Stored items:

_ _ _ _ _

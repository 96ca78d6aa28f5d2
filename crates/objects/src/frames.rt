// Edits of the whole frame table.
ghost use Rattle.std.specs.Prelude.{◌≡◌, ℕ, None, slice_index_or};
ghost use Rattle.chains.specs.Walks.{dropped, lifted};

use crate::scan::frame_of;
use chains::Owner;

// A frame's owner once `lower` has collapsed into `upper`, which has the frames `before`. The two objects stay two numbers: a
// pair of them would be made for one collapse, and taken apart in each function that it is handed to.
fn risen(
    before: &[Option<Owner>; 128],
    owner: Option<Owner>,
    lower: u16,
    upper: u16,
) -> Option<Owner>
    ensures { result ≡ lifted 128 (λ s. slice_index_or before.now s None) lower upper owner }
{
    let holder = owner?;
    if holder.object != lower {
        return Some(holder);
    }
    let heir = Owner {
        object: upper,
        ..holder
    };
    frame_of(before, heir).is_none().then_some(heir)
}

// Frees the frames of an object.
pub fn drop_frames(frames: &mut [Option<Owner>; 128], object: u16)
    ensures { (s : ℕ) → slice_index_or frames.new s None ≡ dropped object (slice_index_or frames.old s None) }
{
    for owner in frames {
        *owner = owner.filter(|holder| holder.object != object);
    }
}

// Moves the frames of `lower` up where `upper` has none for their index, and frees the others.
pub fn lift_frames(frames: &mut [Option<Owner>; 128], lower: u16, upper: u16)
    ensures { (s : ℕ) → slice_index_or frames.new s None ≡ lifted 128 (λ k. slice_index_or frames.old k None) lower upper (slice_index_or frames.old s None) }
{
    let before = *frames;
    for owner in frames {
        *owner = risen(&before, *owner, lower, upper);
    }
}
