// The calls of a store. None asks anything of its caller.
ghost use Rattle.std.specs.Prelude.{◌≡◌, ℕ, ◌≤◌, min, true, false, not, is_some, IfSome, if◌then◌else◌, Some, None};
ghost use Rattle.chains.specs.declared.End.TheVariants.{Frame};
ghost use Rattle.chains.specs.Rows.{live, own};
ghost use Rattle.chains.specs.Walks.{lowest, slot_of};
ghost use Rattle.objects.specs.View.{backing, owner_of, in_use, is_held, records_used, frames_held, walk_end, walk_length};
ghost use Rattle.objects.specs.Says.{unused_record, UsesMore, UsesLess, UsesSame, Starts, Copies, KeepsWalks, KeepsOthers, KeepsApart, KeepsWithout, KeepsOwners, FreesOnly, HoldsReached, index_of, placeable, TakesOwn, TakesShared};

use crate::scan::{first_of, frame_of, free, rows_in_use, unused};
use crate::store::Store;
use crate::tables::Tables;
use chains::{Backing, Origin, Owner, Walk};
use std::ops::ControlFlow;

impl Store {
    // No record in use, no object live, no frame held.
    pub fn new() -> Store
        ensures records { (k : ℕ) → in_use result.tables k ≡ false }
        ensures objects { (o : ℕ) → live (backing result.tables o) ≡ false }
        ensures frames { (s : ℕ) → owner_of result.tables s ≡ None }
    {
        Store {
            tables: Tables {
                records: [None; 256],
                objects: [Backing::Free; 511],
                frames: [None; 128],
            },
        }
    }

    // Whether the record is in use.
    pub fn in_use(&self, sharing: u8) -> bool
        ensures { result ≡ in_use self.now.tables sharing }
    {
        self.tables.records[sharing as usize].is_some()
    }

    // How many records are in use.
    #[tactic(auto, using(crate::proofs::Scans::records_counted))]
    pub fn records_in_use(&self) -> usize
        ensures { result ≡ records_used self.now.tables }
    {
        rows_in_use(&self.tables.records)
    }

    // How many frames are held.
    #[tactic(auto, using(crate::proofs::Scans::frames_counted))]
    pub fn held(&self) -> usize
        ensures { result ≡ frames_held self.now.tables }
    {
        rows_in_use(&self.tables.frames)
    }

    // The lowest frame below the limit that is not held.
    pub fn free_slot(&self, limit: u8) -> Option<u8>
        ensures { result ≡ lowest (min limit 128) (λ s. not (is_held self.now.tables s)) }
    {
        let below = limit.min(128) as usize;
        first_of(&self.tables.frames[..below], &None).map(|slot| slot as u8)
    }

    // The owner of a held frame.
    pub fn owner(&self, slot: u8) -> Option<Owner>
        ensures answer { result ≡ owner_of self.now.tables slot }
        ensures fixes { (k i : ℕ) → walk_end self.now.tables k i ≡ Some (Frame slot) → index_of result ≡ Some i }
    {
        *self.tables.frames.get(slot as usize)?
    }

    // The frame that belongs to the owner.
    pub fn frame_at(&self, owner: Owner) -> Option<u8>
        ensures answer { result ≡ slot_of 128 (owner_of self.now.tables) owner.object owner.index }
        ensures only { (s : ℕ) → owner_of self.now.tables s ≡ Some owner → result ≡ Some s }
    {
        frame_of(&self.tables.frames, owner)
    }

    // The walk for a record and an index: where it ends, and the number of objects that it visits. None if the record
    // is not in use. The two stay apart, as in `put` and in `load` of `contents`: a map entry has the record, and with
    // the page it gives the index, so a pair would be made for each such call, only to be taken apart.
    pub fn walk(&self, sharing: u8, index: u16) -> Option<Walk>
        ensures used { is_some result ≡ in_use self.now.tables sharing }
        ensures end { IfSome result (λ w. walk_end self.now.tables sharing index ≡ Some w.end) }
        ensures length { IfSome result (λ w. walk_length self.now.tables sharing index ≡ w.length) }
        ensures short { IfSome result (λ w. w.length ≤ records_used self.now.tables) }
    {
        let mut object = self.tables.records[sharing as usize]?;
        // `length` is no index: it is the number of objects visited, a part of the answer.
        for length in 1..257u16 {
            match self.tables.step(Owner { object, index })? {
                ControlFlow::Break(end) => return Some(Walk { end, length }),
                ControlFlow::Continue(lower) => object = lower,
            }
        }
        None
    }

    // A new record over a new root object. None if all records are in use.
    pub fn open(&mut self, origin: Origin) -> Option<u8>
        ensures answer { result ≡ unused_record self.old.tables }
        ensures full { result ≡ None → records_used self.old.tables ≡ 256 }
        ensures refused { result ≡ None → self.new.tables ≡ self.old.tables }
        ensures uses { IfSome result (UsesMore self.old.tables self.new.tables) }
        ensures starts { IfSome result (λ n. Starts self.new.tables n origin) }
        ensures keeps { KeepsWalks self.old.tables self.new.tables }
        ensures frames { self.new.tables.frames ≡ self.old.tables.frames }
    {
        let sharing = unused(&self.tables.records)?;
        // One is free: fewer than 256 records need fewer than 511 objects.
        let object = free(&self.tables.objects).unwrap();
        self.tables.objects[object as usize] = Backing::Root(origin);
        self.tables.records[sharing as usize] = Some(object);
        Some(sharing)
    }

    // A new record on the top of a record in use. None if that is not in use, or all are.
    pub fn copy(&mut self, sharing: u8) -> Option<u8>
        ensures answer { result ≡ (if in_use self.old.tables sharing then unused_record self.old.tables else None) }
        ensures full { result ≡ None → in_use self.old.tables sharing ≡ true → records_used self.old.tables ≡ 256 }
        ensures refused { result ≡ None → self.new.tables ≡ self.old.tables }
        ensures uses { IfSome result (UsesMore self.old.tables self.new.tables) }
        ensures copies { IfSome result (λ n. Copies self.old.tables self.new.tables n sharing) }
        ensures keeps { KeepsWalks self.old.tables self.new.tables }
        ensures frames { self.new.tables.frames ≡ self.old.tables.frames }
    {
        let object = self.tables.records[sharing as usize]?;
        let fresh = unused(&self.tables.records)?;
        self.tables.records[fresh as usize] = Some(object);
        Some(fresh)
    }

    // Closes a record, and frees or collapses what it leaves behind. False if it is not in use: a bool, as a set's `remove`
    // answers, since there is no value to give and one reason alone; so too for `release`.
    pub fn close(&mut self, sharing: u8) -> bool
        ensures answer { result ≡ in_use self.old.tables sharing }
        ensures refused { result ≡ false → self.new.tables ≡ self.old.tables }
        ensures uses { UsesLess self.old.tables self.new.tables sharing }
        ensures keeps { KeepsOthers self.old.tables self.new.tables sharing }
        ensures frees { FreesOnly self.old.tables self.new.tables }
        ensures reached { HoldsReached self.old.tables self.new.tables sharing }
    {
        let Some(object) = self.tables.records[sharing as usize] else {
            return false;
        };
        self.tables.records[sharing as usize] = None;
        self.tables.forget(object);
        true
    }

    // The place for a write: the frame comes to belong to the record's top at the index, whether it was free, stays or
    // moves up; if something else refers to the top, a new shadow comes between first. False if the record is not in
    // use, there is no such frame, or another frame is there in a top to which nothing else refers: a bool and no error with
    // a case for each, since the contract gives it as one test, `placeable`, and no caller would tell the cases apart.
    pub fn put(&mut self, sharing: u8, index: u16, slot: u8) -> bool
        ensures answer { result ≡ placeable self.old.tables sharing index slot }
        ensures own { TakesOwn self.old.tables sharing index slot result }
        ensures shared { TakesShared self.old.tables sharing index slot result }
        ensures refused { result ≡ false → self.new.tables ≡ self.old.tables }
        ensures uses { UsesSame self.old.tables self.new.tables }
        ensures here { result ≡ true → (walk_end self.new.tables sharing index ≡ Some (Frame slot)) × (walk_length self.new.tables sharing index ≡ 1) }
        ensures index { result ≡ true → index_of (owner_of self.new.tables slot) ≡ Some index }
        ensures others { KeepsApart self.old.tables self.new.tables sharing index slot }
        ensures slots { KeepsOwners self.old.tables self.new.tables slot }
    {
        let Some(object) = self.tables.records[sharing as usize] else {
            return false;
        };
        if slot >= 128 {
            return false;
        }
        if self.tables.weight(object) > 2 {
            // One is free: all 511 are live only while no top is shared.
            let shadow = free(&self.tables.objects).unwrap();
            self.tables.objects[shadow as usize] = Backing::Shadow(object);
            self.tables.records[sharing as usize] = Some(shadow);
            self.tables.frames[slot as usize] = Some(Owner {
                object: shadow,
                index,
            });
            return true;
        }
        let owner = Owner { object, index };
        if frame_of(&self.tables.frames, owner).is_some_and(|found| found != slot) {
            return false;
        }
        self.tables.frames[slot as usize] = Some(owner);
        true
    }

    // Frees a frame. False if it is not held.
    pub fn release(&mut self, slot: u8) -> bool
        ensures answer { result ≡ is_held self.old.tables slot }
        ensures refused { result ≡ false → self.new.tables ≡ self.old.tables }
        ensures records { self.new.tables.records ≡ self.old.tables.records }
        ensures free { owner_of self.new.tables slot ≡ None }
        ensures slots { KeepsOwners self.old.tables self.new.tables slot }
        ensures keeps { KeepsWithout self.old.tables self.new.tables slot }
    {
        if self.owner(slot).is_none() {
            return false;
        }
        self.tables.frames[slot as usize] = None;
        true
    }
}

_ _ _ _ _

Your instructions:
Reply with a number alone, the number of lines of the records that hold the word "risen".

Output of the exercise:
2